It's taken me almost two weeks to write a post I've been planning for a month. Maybe it's because of the vulnerability of it. Maybe it's because I've been busy. Maybe it's because in the midst of going back to school, stepping down from a position and starting a new one, and just the craziness that family and life brings, I haven't put enough effort into my writing. Whatever it is, it's an excuse. I hate excuses. So I'm leaving the excuses behind, getting over my fear of being vulnerable and writing.

"December 7, 1941, a date which will live in infamy." 1941 was 49 years before I was born, but if we think about it, we all have those days which will live in infamy in our lives.

July 5th is a day which will live in infamy for me.

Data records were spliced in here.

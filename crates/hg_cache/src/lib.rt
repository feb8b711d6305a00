//! Pages in memory, in the order of their use.
//!
//! A page is used by one look-up and six changed links, whatever the number of pages is.
#![tactic(auto)]

mod frame;
mod frames;
mod node;
mod recency;

pub use frame::Frame;
pub use frames::Frames;
pub use recency::Recency;
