//! Laws of the grammar, each the promise of a function without a body.

ghost use Rattle.hg_wire.specs.Laws.{EventsAreSpelled, FaultsAreFirst, LinesAreNumberedOn, StreamsAreWhole};

/// A line gives an event exactly where its bytes spell that event.
pub fn events_are_spelled()
    ensures { EventsAreSpelled }
{}

/// A line gives a fault exactly where that is its first fault.
pub fn faults_are_first()
    ensures { FaultsAreFirst }
{}

/// The readings from the start of a stream on are those of the whole stream.
pub fn streams_are_whole()
    ensures { StreamsAreWhole }
{}

/// Bytes behind k lines have the same readings as at the start of a stream, with k added to each line number.
pub fn lines_are_numbered_on()
    ensures { LinesAreNumberedOn }
{}
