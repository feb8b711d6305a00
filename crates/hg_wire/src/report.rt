//! The lines that a run prints, without their line feeds.

ghost use Rattle.std.specs.Prelude.{◌≡◌, ◌++◌, ◌<◌, OnOk, OnErr, map};
ghost use Rattle.std.specs.Char.{digit_char};
ghost use Rattle.std.specs.Fmt.{decimal};
ghost use Rattle.std.specs.List.{flat_map, join_with_byte};
ghost use Rattle.hg_wire.specs.Reports.{sixteen_digits, access_name, report_front, report_line, end_line};

use hg_model::report::Report;
use itoa::Buffer;
use std::alloc::AllocError;

/// Appends the pieces. An `Err` changes nothing.
pub(crate) fn put_all(pieces: &[&[u8]], out: &mut Vec<u8>) -> Result<(), AllocError>
    ensures ok { OnOk result (out.new.items ≡ out.old.items ++ flat_map (λ piece. piece.now) pieces.now) }
    ensures err { OnErr result (out.new.items ≡ out.old.items) }
{
    let len = out.len();
    for piece in pieces {
        if let Err(error) = out.extend_from_slice(piece) {
            out.truncate(len);
            return Err(error);
        }
    }
    Ok(())
}

/// Appends the last line of a run: its events, its races and its thread segments. An `Err` leaves `out` as it was.
pub fn put_end_line(
    events: u64,
    races: u64,
    segments: u64,
    out: &mut Vec<u8>,
) -> Result<(), AllocError>
    ensures ok { OnOk result (out.new.items ≡ out.old.items ++ end_line events races segments) }
    ensures err { OnErr result (out.new.items ≡ out.old.items) }
{
    let mut first = Buffer::new();
    let mut second = Buffer::new();
    let mut third = Buffer::new();
    let pieces = [
        b"end events ".as_slice(),
        first.format(events).as_bytes(),
        b" races ".as_slice(),
        second.format(races).as_bytes(),
        b" segments ".as_slice(),
        third.format(segments).as_bytes(),
    ];
    put_all(&pieces, out)
}

/// The lower-case hexadecimal digit that is worth `value`.
fn hexadecimal_digit(value: u8) -> u8
    requires { value < 16 }
    ensures { result ≡ digit_char value }
{
    if value < 10 {
        b'0' + value
    } else {
        b'a' + (value - 10)
    }
}

/// The sixteen hexadecimal digits of an address.
pub fn digits_of_address(address: u64) -> [u8; 16]
    ensures { result ≡ sixteen_digits address }
{
    let mut digits = [0u8; 16];
    for i in 0..16 {
        digits[i] = hexadecimal_digit((address >> (60 - 4 * i) & 15) as u8);
    }
    digits
}

/// Appends the bytes, and a number in decimal after them. An `Err` changes nothing.
pub(crate) fn put_number_after(
    bytes: &[u8],
    number: u64,
    out: &mut Vec<u8>,
) -> Result<(), AllocError>
    ensures ok { OnOk result (out.new.items ≡ out.old.items ++ (bytes.now ++ decimal number)) }
    ensures err { OnErr result (out.new.items ≡ out.old.items) }
{
    let mut buffer = Buffer::new();
    let pieces = [bytes, buffer.format(number).as_bytes()];
    put_all(&pieces, out)
}

/// Appends the threads in decimal, with a comma between each two. An `Err` changes nothing.
fn put_threads(threads: &[u16], out: &mut Vec<u8>) -> Result<(), AllocError>
    ensures ok { OnOk result (out.new.items ≡ out.old.items ++ join_with_byte 44 (map decimal threads.now)) }
    ensures err { OnErr result (out.new.items ≡ out.old.items) }
{
    let [first, others @ ..] = threads else {
        return Ok(());
    };
    let len = out.len();
    put_number_after(b"", u64::from(*first), out)?;
    for thread in others {
        if let Err(error) = put_number_after(b",", u64::from(*thread), out) {
            out.truncate(len);
            return Err(error);
        }
    }
    Ok(())
}

/// Appends all of the report's line up to its threads. An `Err` changes nothing.
fn put_report_front(k: u64, report: &Report, out: &mut Vec<u8>) -> Result<(), AllocError>
    ensures ok { OnOk result (out.new.items ≡ out.old.items ++ report_front k report.now) }
    ensures err { OnErr result (out.new.items ≡ out.old.items) }
{
    let mut place = Buffer::new();
    let mut event = Buffer::new();
    let mut thread = Buffer::new();
    let digits = digits_of_address(report.word);
    let pieces = [
        b"race ".as_slice(),
        place.format(k).as_bytes(),
        b" event ".as_slice(),
        event.format(report.event).as_bytes(),
        name_of_access(report.write),
        b" thread ".as_slice(),
        thread.format(report.thread).as_bytes(),
        b" word 0x".as_slice(),
        digits.as_slice(),
        b" threads ".as_slice(),
    ];
    put_all(&pieces, out)
}

fn name_of_access(write: bool) -> &'static [u8]
    ensures { result.now ≡ access_name write }
{
    if write { b" write" } else { b" read" }
}

/// Appends the line of kept report number `k`, counted from 1. An `Err` leaves `out` as it was.
pub fn put_report_line(k: u64, report: &Report, out: &mut Vec<u8>) -> Result<(), AllocError>
    ensures ok { OnOk result (out.new.items ≡ out.old.items ++ report_line k report.now) }
    ensures err { OnErr result (out.new.items ≡ out.old.items) }
{
    let len = out.len();
    put_report_front(k, report, out)?;
    let threads = put_threads(report.threads.as_slice(), out);
    if threads.is_err() {
        out.truncate(len);
    }
    threads
}
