//! Why a line is bad, and where in it.

ghost use Rattle.std.specs.Prelude.{◌≡◌, ◌⊎◌, ◌+◌, ◌<◌, ◌≤◌, [], ◌∷◌, ℕ, List, Ok, Err, Some, true, is_some, length, nat_lt, IfSome, MatchOption};
ghost use Rattle.std.specs.List.{AllByRecursion, list_all};
ghost use Rattle.hg_model.specs.declared.event.Event.{Event as EventOf};
ghost use Rattle.hg_wire.specs.Diagnoses.{GivesMisfit, HasVerb, IsFirstEmpty, IsTrueOf, SpellsEvent, fault_of};
ghost use Rattle.hg_wire.specs.Lines.{are_counted, line_of, operand_of, values_of, tokens_after, tokens_of};
ghost use Rattle.hg_wire.specs.Taken.{HaveValues, NoneIsEmpty};
ghost use Rattle.hg_wire.specs.Verbs.{row_of};

use crate::line::MOST_LINE_BYTES;
use crate::number::{is_number, number_of_token};
use crate::tokens::{byte_of_token, int_of_token, short_of_token, split_token};
use crate::verb::Verb;

/// Why a line is bad, and where. Its tokens are counted from 0 on, the verb first, with one space between each two.
#[derive(Clone, Copy, Drop)]
pub enum Diagnosis<'a> {
    /// It has more than 256 bytes.
    TooLong,
    /// Its first token is none of the verbs.
    NoVerb {
        token: &'a [u8],
    },
    /// The token at this place is the first empty one: there is a space too many.
    EmptyToken {
        place: usize,
    },
    /// The verb has `given` tokens behind it, and takes another number of them.
    Count {
        verb: Verb,
        given: usize,
    },
    /// This token is the first bad operand: it spells no number.
    Misspelt {
        place: usize,
        token: &'a [u8],
    },
    /// This token is the first bad operand: its number does not fit `bits` bits.
    TooGreat {
        place: usize,
        token: &'a [u8],
        bits: u8,
    },
}

/// An operand that spells no number, or one that does not fit its width.
#[derive(Clone, Copy, Drop)]
struct Misfit<'a> {
    place: usize,
    token: &'a [u8],
    bits: u8,
}

/// The place of the first empty token.
fn first_empty(line: &[u8]) -> Option<usize>
    ensures first { MatchOption result (NoneIsEmpty (tokens_of line.now)) (IsFirstEmpty (tokens_of line.now)) }
    ensures within { IfSome result (λ place. place ≤ length line.now) }
{
    let (token, rest) = split_token(line);
    if token.is_empty() {
        return Some(0);
    }
    Some(first_empty(rest?)? + 1)
}

/// How many tokens a line has.
fn count_tokens(line: &[u8]) -> usize
    ensures count { result ≡ length (tokens_of line.now) }
    ensures within { result ≤ length line.now + 1 }
{
    match split_token(line).1 {
        None => 1,
        Some(rest) => count_tokens(rest) + 1,
    }
}

/// Whether a token spells a number of so many bits.
fn is_operand(token: &[u8], bits: u8) -> bool
    requires { (bits ≡ 8) ⊎ ((bits ≡ 16) ⊎ ((bits ≡ 32) ⊎ (bits ≡ 64))) }
    ensures { result ≡ is_some (operand_of bits token.now) }
{
    match bits {
        8 => byte_of_token(token).is_some(),
        16 => short_of_token(token).is_some(),
        32 => int_of_token(token).is_some(),
        _ => number_of_token(token).is_some(),
    }
}

/// The first token that is no operand of its width.
fn first_misfit<'a>(widths: &[u8], tokens: Option<&'a [u8]>) -> Option<Misfit<'a>>
    requires { AllByRecursion (λ bits. (bits ≡ 8) ⊎ ((bits ≡ 16) ⊎ ((bits ≡ 32) ⊎ (bits ≡ 64)))) widths.now }
    ensures first { GivesMisfit widths.now (tokens_after tokens.entry) result }
    ensures within { IfSome result (λ found. found.place < length widths.now) }
{
    let (bits, others) = widths.split_first()?;
    let (token, rest) = split_token(tokens?);
    if !is_operand(token, *bits) {
        return Some(Misfit {
            place: 0,
            token,
            bits: *bits,
        });
    }
    let later = first_misfit(others, rest)?;
    Some(Misfit {
        place: later.place + 1,
        token: later.token,
        bits: later.bits,
    })
}

/// Why a line is bad. `None` says that it spells an event.
pub fn diagnose(line: &[u8]) -> Option<Diagnosis<'_>>
    ensures fault { MatchOption result (SpellsEvent line.now) (λ found. line_of line.now ≡ Err (fault_of found)) }
    ensures place { IfSome result (IsTrueOf line.now) }
{
    if line.len() > MOST_LINE_BYTES {
        return Some(Diagnosis::TooLong);
    }
    let (token, tokens) = split_token(line);
    let Some(verb) = Verb::named(token) else {
        return Some(Diagnosis::NoVerb { token });
    };
    if let Some(place) = first_empty(line) {
        return Some(Diagnosis::EmptyToken { place });
    }
    let given = count_tokens(line) - 1;
    let widths = verb.widths();
    if given != widths.len() {
        return Some(Diagnosis::Count { verb, given });
    }
    let Misfit { place, token, bits } = first_misfit(widths, tokens)?;
    let place = place + 1;
    if is_number(token) {
        Some(Diagnosis::TooGreat { place, token, bits })
    } else {
        Some(Diagnosis::Misspelt { place, token })
    }
}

Let's go back in time to Thursday, July 4th, 2002. I was riding up to my grandparents' house for our normal festivities. My mom was driving, and my brother and dad were either already up there or coming up later. I don't even remember if my sister's were there, but I think some of my cousins were at least. As we were driving, my mom told me that Mama Rose had been diagnosed with lung cancer. She said that on Friday she was going to be going to the doctor for some tests and a treatment plan. I was scared, but honestly not too phased. I knew people died from cancer. But I also knew people are healed from cancer. We got there, played in the water, watched the fireworks over the lake, and started a campfire for smores. My grandma was extra tired that night, so she headed to bed earlier than the rest of us. You can probably see where this is going. My grandpa is not the quietest of men. Bless his heart, he tries. But when you can't hear well, it's hard to be quiet. I woke up at around 3AM to him running up the stairs to my mom and I (my dad and brother had to be back in Hoquiam for something so they weren't there) and frantic, loud whispers. "Connie, Mom is bleeding. You need to call 911." My mom did CPR on my grandma while on the phone with 911, and I went out to meet the paramedics at the end of the driveway, which seemed to take an eternity. Despite all efforts, my Mama Rose died on the morning of July 5, 2002.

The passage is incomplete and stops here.